I was watching the continual loop of Saddam Hussein's hanging when I flashed back to the night three years ago when I learned about his capture while serving in the Army's 1st Armored Division and living in one of his former palaces. There was a sense of celebration as we watched the video on CNN of Paul Bremer announcing to the crowd of media in the Green Zone, only a few short miles away across the Tigris, that "We got him!"
Now, three years later, as I watch Saddam plunge through the trap door I remember the thoughts that came shortly after his capture: "What next?"
Our soldiers on patrol felt that the unrest we faced in December 2003 was beginning to boil over, and soon we faced an all-out insurgency from ranks of Moqtada al-Sadr's militias. It was only days after Saddam's capture that we lost two more soldiers to a roadside bomb. We began to ask: "What next?"
As Saddam swung from the gallows, the American deaths in Iraq surpassed 3,000. More than 2,500 of those deaths have come since Saddam's capture. We are also approaching another milestone: Nearly 50,000 soldiers have been medically evacuated for being wounded, injured or ill. The cost of this war continues to grow and the question still lingers: "What next?"
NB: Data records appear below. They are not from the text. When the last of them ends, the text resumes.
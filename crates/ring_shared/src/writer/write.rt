//! A record that is written whole.
use crate::writer::Writer;
use crate::writer::finish::met_first;
use nested_writer::frame::Slot;
use nested_writer::{Ended, WriteFault, Wrote};
use ring_frames::{Answer, StepAnswer, WriteKind, write_padded};
use std::marker::Brand;

impl Writer {
    ghost use Rattle.std.specs.Prelude.{◌≡◌, length};
    ghost use Rattle.nested_writer.specs.Calls.{IsTopSlot};
    ghost use Rattle.ring_shared.specs.Value.{SameWriter};
    ghost use Rattle.ring_shared.specs.Calls.{IsWriter};
    ghost use Rattle.ring_frames.specs.Answers.{KeepsPayloads};
    ghost use Rattle.ring_shared.specs.Covering.{CoversPayloads, KeepsCovered};
    ghost use Rattle.ring_shared.specs.Rooms.{rooms};
    ghost use Rattle.ring_shared.specs.FewSteps.{MakesAtMost, most_to_write};
    ghost use Rattle.ring_shared.specs.Promises.{KeepsWriter};
    ghost use Rattle.ring_shared.specs.WholeWrites.{IsWritten, IsRefusedWrite, IsReserved, EndsRecord};

    /// Writes a record of this moment and payload in one call: what `begin`, `finish_top`, the payload's copy into what
    /// `top_mut` lends, `end`, and `finish_top` if no frame is below, do together, nested in the frames on the stack.
    /// Refused as `begin` is, or as `Crowded` or `Worn`, and then no record is left. In a ring of N pages it makes at
    /// most 3N + 54 steps, whatever the reader does. It doesn't answer the record's number, as the kernel's
    /// `ring_buffer_write` doesn't; the single calls do.
    #[inline(always)]
    pub fn write(&mut self, moment: u64, payload: &[u8]) -> Result<(), WriteFault>
        requires writer { IsWriter self.old }
        ensures written { result ≡ Ok tt → IsWritten self.old.shape self.old.part moment payload.now self.new.part }
        ensures refused { (fault : WriteFault) → result ≡ Err fault
            → IsRefusedWrite self.old.shape self.old.part moment (length payload.now) fault self.new.part }
        ensures few { MakesAtMost (most_to_write self.old.shape) self.old.part self.new.part }
        ensures rooms { rooms self.new ≡ rooms self.old }
        ensures keeps { KeepsWriter self.old self.new }
    {
        match self.write_at_once(WriteKind::Short, moment, payload) {
            Wrote::Record => Ok(()),
            Wrote::Nothing => self.write_rarely(moment, payload),
        }
    }

    /// `write`, if no short record was written at once: another frame is on the stack, the tail has no room, or the
    /// record isn't as nearly all are. It isn't inlined, since that is rare.
    #[cold]
    #[inline(never)]
    fn write_rarely(&mut self, moment: u64, payload: &[u8]) -> Result<(), WriteFault>
        requires writer { IsWriter self.old }
        ensures written { result ≡ Ok tt → IsWritten self.old.shape self.old.part moment payload.now self.new.part }
        ensures refused { (fault : WriteFault) → result ≡ Err fault
            → IsRefusedWrite self.old.shape self.old.part moment (length payload.now) fault self.new.part }
        ensures keeps { KeepsWriter self.old self.new }
    {
        match self.write_at_once(WriteKind::Any, moment, payload) {
            Wrote::Record => Ok(()),
            Wrote::Nothing => self.write_by_steps(moment, payload),
        }
    }

    /// Writes a record in one call, if it is one of these, no frame is on the stack, and it fits in the tail. Else
    /// nothing changes.
    #[inline(always)]
    fn write_at_once(&mut self, records: WriteKind, moment: u64, payload: &[u8]) -> Wrote
        requires writer { IsWriter self.old }
        ensures written { result ≡ Wrote.Record
            → IsWritten self.old.shape self.old.part moment payload.now self.new.part }
        ensures nothing { result ≡ Wrote.Nothing → self.new ≡ self.old }
        ensures keeps { KeepsWriter self.old self.new }
    {
        let Wrote::Record = self.frames.write(records, moment, payload) else {
            return Wrote::Nothing;
        };
        self.seat.note::<Brand, _>(&(moment, payload));
        let wish = self.seat.load_wish();
        if !self.frames.may_be_wished(wish) {
            return Wrote::Record;
        }
        match self.frames.stay(moment, payload.len(), wish) {
            StepAnswer::Gone => Wrote::Record,
            StepAnswer::Going => {
                let _refusal = self.leave_on();
                Wrote::Record
            }
        }
    }

    /// `write`, by single steps.
    #[inline(never)]
    fn write_by_steps(&mut self, moment: u64, payload: &[u8]) -> Result<(), WriteFault>
        requires writer { IsWriter self.old }
        ensures written { result ≡ Ok tt → IsWritten self.old.shape self.old.part moment payload.now self.new.part }
        ensures refused { (fault : WriteFault) → result ≡ Err fault
            → IsRefusedWrite self.old.shape self.old.part moment (length payload.now) fault self.new.part }
        ensures keeps { KeepsWriter self.old self.new }
    {
        let slot = self.reserve_record(moment, payload.len())?;
        write_padded(self.top_mut()?, payload);
        self.end_record(slot);
        Ok(())
    }

    /// Pushes a frame for a record, and reserves the record: the answer is its slot.
    fn reserve_record(&mut self, moment: u64, len: usize) -> Result<Slot, WriteFault>
        requires writer { IsWriter self.old }
        ensures reserved { (slot : Slot) → result ≡ Ok slot
            → IsReserved self.old.shape self.old.part moment len self.new.part }
        ensures slot { (slot : Slot) → result ≡ Ok slot → IsTopSlot self.new.frames.stack.frames slot }
        ensures covers { (slot : Slot) → result ≡ Ok slot
            → CoversPayloads self.old.frames.stack self.new.frames.stack }
        ensures refused { (fault : WriteFault) → result ≡ Err fault
            → IsRefusedWrite self.old.shape self.old.part moment len fault self.new.part }
        ensures payloads { KeepsPayloads self.old.frames.stack self.new.frames.stack }
        ensures ring { SameWriter self.old self.new }
        ensures writer { IsWriter self.new }
    {
        let depth = self.depth();
        if let Some(fault) = met_first(None, self.begin(moment, len)) {
            return Err(fault);
        }
        if let Some(fault) = self.reserve_on() {
            if self.depth() > depth {
                let _refusal = self.leave_on();
            }
            return Err(fault);
        }
        match self.top_slot() {
            Ok(slot) => Ok(slot),
            Err(_) => unreachable!(),
        }
    }

    /// The frame on top, whose record is in this slot, ends; if there is none below it, it makes steps until it is
    /// gone.
    fn end_record(&mut self, slot: Slot)
        requires writer { IsWriter self.old }
        requires slot { IsTopSlot self.old.frames.stack.frames slot }
        ensures ends { EndsRecord self.old self.new }
        ensures covered { KeepsCovered self.old.frames.stack self.new.frames.stack }
        ensures ring { SameWriter self.old self.new }
        ensures writer { IsWriter self.new }
    {
        let _slot = slot;
        if stands_alone(self.end()) {
            let _refusal = self.leave_on();
        }
    }
}

/// Whether the frame that was ended stays on the stack, as the only one.
fn stands_alone(answer: Answer) -> bool
    ensures { result ≡ true ↔ answer ≡ HasEnded Full }
{
    matches!(answer, Answer::Ended(Ended::Full))
}

ghost use Rattle.std.specs.Prelude.{◌≡◌, ◌↔◌, true};
ghost use Rattle.nested_writer.specs.declared.stack.leave.Ended.TheVariants.{Full};
ghost use Rattle.ring_frames.specs.declared.answer.Answer.TheVariants.{Ended as HasEnded};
Today the Angus Reid Global Monitor released a poll that 90 percent of Iraqis think the situation in their country was better before the U.S.-led invasion. The Iraqi and American people want to know: "What next?"
There was no sense of urgency in Washington. The president would not be "rushed" and Congress shut down for the holidays knowing that many were packing up for good. One colonel told me he attended a State Department meeting where the chair decided to reconvene in two weeks. He wanted to stand on his chair and scream, "Do you realize that in two weeks more than 20 soldiers may die?" The colonel wants to know: "What next?"
The president now wants to expand this war and send tens of thousands more troops into Baghdad to quell the civil war. I have a friend who commands a company of troops in Ramadi, and he is longing for a strategy. His soldiers drive around on patrols day and night waiting to be attacked so they can focus their energies on the enemy, but they have no mission. The captain wants to know: "What next?"
Violence in Iraq is at an all-time high and over the last three months, the number of American troop casualties in Iraq has increased to three a day. In December, 111 soldiers gave their lives while waiting to find out what's next.
It is time for this new Congress to fulfill the promises made during the election that was commonly referred to as "a referendum on the war in Iraq." It is time for our leaders to make the tough decisions.
Saddam is dead. We have a new Congress. OK. What's next?
Jonathan Powers, a native of Clarence, is a veteran of the war in Iraq. He is vice president of policy for Veterans for America.